_EXERCISE:_
Copy all the lines of the data that include the word "ensures".

Stored items:
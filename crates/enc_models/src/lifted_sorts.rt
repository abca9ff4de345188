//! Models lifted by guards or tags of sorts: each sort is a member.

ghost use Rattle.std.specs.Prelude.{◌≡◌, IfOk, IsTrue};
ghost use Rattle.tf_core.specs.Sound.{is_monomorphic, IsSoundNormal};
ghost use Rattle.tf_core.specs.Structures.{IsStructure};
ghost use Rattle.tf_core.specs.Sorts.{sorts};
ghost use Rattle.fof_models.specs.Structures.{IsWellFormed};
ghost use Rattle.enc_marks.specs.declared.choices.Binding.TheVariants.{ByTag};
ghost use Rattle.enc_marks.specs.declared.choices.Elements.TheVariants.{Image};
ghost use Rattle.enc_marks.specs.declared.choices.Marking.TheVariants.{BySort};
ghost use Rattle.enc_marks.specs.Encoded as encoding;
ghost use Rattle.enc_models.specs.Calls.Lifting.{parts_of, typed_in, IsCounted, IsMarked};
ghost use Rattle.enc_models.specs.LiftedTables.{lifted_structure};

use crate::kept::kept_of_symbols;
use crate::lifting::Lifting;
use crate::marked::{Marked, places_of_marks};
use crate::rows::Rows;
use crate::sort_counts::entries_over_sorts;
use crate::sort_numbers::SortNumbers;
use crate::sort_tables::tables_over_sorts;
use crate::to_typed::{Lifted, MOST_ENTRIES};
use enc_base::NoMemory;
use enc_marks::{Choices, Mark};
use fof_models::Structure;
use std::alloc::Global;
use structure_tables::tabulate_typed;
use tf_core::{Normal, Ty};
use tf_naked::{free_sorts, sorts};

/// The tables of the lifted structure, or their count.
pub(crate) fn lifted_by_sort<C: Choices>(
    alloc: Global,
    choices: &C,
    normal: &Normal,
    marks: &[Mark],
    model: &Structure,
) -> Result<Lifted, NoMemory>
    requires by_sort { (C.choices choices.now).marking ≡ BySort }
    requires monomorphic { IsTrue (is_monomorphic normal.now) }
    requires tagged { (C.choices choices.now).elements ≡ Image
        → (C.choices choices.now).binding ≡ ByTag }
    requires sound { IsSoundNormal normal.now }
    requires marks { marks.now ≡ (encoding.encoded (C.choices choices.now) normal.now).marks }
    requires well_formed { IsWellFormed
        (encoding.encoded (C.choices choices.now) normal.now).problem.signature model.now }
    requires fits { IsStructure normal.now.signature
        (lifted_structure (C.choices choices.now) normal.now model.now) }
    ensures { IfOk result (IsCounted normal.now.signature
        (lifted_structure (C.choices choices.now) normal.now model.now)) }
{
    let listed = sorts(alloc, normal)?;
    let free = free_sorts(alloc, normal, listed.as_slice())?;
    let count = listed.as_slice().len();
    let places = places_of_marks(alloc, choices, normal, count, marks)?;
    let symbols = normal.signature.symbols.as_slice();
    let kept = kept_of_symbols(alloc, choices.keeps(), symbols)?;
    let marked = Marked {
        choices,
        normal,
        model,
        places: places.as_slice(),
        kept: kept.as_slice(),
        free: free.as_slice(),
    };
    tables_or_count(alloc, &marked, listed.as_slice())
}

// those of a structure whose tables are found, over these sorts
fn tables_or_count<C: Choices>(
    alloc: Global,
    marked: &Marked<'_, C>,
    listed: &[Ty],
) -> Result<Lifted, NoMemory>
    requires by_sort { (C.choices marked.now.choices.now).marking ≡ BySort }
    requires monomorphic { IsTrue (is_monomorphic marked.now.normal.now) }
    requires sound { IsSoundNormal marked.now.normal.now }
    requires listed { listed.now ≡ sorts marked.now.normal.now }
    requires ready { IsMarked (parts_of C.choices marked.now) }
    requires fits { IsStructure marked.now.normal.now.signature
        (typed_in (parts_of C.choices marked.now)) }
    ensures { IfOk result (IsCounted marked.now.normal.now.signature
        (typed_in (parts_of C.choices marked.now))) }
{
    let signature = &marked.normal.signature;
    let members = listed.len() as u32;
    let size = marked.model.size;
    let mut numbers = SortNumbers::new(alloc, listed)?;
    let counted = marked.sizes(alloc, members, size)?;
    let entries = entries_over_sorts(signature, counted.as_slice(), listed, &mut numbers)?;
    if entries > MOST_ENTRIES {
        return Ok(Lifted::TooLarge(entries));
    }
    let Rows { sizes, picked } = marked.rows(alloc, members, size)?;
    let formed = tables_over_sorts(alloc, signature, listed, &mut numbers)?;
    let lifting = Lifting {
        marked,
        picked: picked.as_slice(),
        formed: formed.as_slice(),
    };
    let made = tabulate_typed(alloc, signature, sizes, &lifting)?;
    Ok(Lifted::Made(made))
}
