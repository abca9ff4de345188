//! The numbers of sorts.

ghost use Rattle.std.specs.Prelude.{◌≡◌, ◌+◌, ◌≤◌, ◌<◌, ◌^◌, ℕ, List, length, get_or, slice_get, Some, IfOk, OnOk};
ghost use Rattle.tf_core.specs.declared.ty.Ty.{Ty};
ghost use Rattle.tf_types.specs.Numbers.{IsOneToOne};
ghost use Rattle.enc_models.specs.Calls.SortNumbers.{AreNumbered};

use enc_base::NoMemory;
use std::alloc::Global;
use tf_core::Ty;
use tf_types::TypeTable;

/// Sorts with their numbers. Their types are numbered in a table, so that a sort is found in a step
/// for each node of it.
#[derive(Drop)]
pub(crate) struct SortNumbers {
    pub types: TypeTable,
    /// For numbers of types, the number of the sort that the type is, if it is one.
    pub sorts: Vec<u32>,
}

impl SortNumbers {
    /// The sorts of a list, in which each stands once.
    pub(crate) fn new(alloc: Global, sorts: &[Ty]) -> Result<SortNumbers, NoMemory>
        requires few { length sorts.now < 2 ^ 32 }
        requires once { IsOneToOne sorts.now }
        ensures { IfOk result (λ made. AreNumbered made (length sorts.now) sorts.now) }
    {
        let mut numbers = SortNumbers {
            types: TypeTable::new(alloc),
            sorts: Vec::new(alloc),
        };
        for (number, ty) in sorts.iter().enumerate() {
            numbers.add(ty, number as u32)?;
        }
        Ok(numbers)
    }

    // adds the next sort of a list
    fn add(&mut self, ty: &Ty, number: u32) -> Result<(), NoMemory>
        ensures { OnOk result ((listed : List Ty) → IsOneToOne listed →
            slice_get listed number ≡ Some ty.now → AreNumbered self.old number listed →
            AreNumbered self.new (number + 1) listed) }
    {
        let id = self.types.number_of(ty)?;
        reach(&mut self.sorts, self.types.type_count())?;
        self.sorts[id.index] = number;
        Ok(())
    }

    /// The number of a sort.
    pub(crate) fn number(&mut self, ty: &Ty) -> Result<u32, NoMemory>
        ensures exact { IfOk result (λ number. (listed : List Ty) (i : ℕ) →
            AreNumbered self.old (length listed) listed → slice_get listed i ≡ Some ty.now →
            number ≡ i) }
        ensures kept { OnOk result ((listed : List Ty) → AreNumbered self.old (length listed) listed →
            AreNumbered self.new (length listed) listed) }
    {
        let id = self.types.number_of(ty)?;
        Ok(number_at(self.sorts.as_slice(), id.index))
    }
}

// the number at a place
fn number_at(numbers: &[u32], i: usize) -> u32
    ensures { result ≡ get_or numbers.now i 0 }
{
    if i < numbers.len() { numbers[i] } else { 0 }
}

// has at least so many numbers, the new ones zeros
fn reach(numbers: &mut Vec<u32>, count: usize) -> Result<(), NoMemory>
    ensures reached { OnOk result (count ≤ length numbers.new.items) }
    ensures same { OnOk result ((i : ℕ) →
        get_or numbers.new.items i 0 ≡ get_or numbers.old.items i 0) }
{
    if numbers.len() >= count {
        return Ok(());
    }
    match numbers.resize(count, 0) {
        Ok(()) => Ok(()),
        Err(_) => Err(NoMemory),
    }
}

_SOLUTION TO THIS EXERCISE:_
    ensures { IfOk result (IsCounted normal.now.signature
    ensures { IfOk result (IsCounted marked.now.normal.now.signature
        ensures { IfOk result (λ made. AreNumbered made (length sorts.now) sorts.now) }
        ensures { OnOk result ((listed : List Ty) → IsOneToOne listed →
        ensures exact { IfOk result (λ number. (listed : List Ty) (i : ℕ) →
        ensures kept { OnOk result ((listed : List Ty) → AreNumbered self.old (length listed) listed →
    ensures { result ≡ get_or numbers.now i 0 }
    ensures reached { OnOk result (count ≤ length numbers.new.items) }
    ensures same { OnOk result ((i : ℕ) →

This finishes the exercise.